“起来吧!”他对仍跪在地上的苏坤说道。
苏坤站起身,忐忑不安地看着村大夫,也不知道自己符不符合村大夫的要求。当然,他自己是觉得能达到要求,可光嘴上说不行,所以他没有为自己辩解什么。
“这本书里记载了些普通草药的习性,并配有图案,你且拿回去看,看会了过来找我。”村大夫把书递给苏坤后便不再多说什么。
希望苏坤不要令他失望。
“可是我……认的字不多。”苏坤小声地支吾道。
从小,爹爹教他和苏离读书写字。苏离爱玩,没有认真学习,爹爹几度生气,无奈只得作罢,于是一心教导苏坤,把所有希望寄托在苏坤身上。
苏坤很争气,勤奋努力,只是自娘亲去世后,一切变了。他要干活,照顾弟弟妹妹,再无时间与精力放在读书写字上。
如今,他也不知道爹爹教的知识自己还记得多少。
“万事需己运。”村大夫送给苏坤五个字。
“孩子,别怕,你师父他从未赠书与他人,你是第一个,说明他有心收你为徒,可要争气,别叫他失望。”刘婶笑眯眯地宽慰苏坤。
“嗯!”苏坤坚定地点头。
他一定要抓住这个机会认真学,以后更好地照顾弟弟妹妹。师父说得对,万事需己运,他得靠自己。
刘婶看看苏糯苏亲,忽然想起什么。她让大家等一下,然后径自走开,很快取来两块质地不错的棉布,颜色分别为淡蓝色和淡粉色,极其好看。

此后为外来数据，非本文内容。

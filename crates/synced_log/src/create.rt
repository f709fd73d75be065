//! The creation of a file that was never born.
ghost use Rattle.std.specs.Prelude.{◌≡◌, ◌≤◌, ◌⊎◌, ◌++◌, ◌∷◌, [], Some, length, is_some, List, ℕ, OnOk, OnErr};
ghost use Rattle.std.specs.Bool.{Decides};
ghost use Rattle.craft_edge.specs.Causes.{Rose};
ghost use Rattle.craft_edge.specs.Disk.{WhereTold, Only, OnlySeen};
ghost use Rattle.synced_log.specs.Calls.{Makes, needs_zero, blank_calls, birth_calls, creation_calls};
ghost use Rattle.synced_log.specs.Crashes.{LeavesOnly};
ghost use Rattle.synced_log.specs.Creation.{CreationLeaves, IsBlank, HasBlank};
ghost use Rattle.synced_log.specs.Journal.{IsOwner, IsUnborn, header};

use crate::header::born_file;
use crate::owner::Owner;
use crate::steady::write_steadily;
use craft_edge::{Disk, Failed};

/// The first byte of a header.
const FIRST: u8 = 67;

/// Whether a file never became a journal.
pub fn is_unborn(file: &[u8]) -> bool
    ensures { Decides result (IsUnborn file.now) }
{
    file.len() < 33 || (file.len() == 33 && file[0] != FIRST)
}

/// Whether the first byte has to be written as zero before anything else.
fn needs_zero(file: &[u8]) -> bool
    ensures { result ≡ needs_zero file.now }
{
    file.is_empty() || (file.len() < 33 && file[0] == FIRST)
}

/// Makes a journal without groups of a file that was never born. The first byte of the header is written last: until then the
/// file is one that was never born.
pub fn create<D: Disk>(disk: &mut D, file: &[u8], owner: Owner) -> Result<(), Failed>
    requires owner { IsOwner owner }
    requires unborn { IsUnborn file.now }
    ensures seen { OnOk result (D.seen disk.old ≡ Some file.now → D.seen disk.new ≡ Some (header owner ++ 0 ∷ [])) }
    ensures durable { OnOk result (WhereTold (D.tells_crash disk.old) (OnlySeen (D.seen disk.new) (D.may_leave disk.new))) }

    // Where the file was all that a crash could leave, a crash leaves a file that isn't born yet or has no groups.
    ensures crash { LeavesOnly D.tells_crash D.tells_past D.moment D.may_leave D.left_since disk.old disk.new
        (CreationLeaves (λ f. f ≡ file.now) (D.seen disk.old) (D.may_leave disk.old) owner) }

    ensures calls { Makes (D.history disk.old) (D.history disk.new) (creation_calls file.now owner) result }
    ensures told { is_some (D.seen disk.new) ≡ is_some (D.seen disk.old) }
    ensures later { D.faults disk.old ≤ D.faults disk.new }
    ensures cause { OnErr result (Rose (D.faults disk.old) (D.faults disk.new)) }
{
    make_blank(disk, file, owner)?;
    write_born(disk, owner)
}

/// Makes sure that the file has a first byte, which isn't a header's. The owner is only whose journal it is to become.
fn make_blank<D: Disk>(disk: &mut D, file: &[u8], owner: Owner) -> Result<(), Failed>
    requires { IsUnborn file.now }
    ensures seen { OnOk result (D.seen disk.old ≡ Some file.now → (f : List ℕ) × (D.seen disk.new ≡ Some f) × IsBlank f) }
    ensures blank { OnOk result (D.seen disk.old ≡ Some file.now → WhereTold (D.tells_crash disk.old) (Only file.now (D.may_leave disk.old))
        → HasBlank (D.tells_crash disk.old) (D.seen disk.new) (D.may_leave disk.new)) }
    ensures crash { LeavesOnly D.tells_crash D.tells_past D.moment D.may_leave D.left_since disk.old disk.new
        (CreationLeaves (λ f. f ≡ file.now) (D.seen disk.old) (D.may_leave disk.old) owner) }
    ensures calls { Makes (D.history disk.old) (D.history disk.new) (blank_calls file.now) result }
    ensures told { is_some (D.seen disk.new) ≡ is_some (D.seen disk.old) }
    ensures later { D.faults disk.old ≤ D.faults disk.new }
    ensures cause { OnErr result (Rose (D.faults disk.old) (D.faults disk.new)) }
{
    let _owner = owner;
    if !needs_zero(file) {
        return Ok(());
    }
    write_steadily(disk, 0, &[0])
}

/// Writes a journal without groups over such a file, its first byte last.
fn write_born<D: Disk>(disk: &mut D, owner: Owner) -> Result<(), Failed>
    requires { IsOwner owner }
    ensures seen { OnOk result ((file : List ℕ) → D.seen disk.old ≡ Some file → IsBlank file → D.seen disk.new ≡ Some (header owner ++ 0 ∷ [])) }
    ensures durable { OnOk result (WhereTold (D.tells_crash disk.old) (OnlySeen (D.seen disk.new) (D.may_leave disk.new))) }
    ensures crash { LeavesOnly D.tells_crash D.tells_past D.moment D.may_leave D.left_since disk.old disk.new
        (CreationLeaves IsBlank (D.seen disk.old) (D.may_leave disk.old) owner) }
    ensures calls { Makes (D.history disk.old) (D.history disk.new) (birth_calls owner) result }
    ensures told { is_some (D.seen disk.new) ≡ is_some (D.seen disk.old) }
    ensures later { D.faults disk.old ≤ D.faults disk.new }
    ensures cause { OnErr result (Rose (D.faults disk.old) (D.faults disk.new)) }
{
    let born = born_file(owner);
    write_steadily(disk, 1, &born[1..])?;
    write_steadily(disk, 0, &born[..1])
}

“别的村有户人家看病付不起银钱,就送了两块棉布过来,可是……”刘婶尴尬地看了看村大夫,转而继续对苏浣说道:“可是我们膝下无子,看尺寸只适合给娃娃做衣服,我看苏糯苏亲正合适,收着吧!”她把两块棉布递给苏浣,想苏浣是个女孩子,应该会做衣服。
苏浣为难了一下,没有去接。
刘婶知苏浣不好意思,说算是她这个做师娘的送给晚辈的见面礼,苏浣这才收下。
“刘婶,我不是很会做衣服。”
说到衣服,苏浣想自己兽皮做的不错,用骨棒穿上麻线粗略地把兽皮拼接起来,但搁现在,怕是她这样的做法会引得大家哈哈大笑吧!穿出去怎么见人?
刘婶愣了下,恍然明白。是她糊涂了,一个十岁的女娃娃没有娘亲在身旁教导怎会做衣服?是她把苏浣想得太能干而忽略了苏浣的年龄与处境。
于是,苏浣与刘婶约好,她每日过来跟刘婶学习针线活。
告别村大夫与刘婶,五人沿来时的路有说有笑地回家。
这个时辰王家人应该快吃好晚饭了,他们得加快步子回家,不然大门关了就进不去了。
不知是不是因为吃了面条的原因,苏浣觉得走起路来特别精神,身上也不似之前那般寒冷。看来吃得好真的非常重要,她要努力赚钱,想办法离开王家,这样他们就无需再为王家干活,大哥就有更多的时间认真学习村大夫的医术了。
她有预感,村大夫不是普通人,他的医术一定非常厉害。
所幸王家大门还没关。钱氏等人刚吃完饭。苏浣把竹篮递给苏坤,自己跑进灶房洗碗去了。
井水打上来有略微暖意,然而多洗会儿手便愈发觉得冷,被夜风一吹更是冷得刺骨。
苏浣咬咬牙把中午加晚上的碗筷全洗干净,双手冻得通红。
她回到柴房时,大家伙在屋内已为她烤起小火。见她回来,忙拉她到火堆旁暖手。
同样是火,前世害苏浣性命,今生却给苏浣带来温暖。
苏坤小心翼翼把苏浣买来的馒头包子收起来,教育几句苏离后,拿出村大夫给的书,借着火光认真阅读,遇到不认识的字和苏浣探讨,互相教,七七八八连蒙带凑倒认得不少。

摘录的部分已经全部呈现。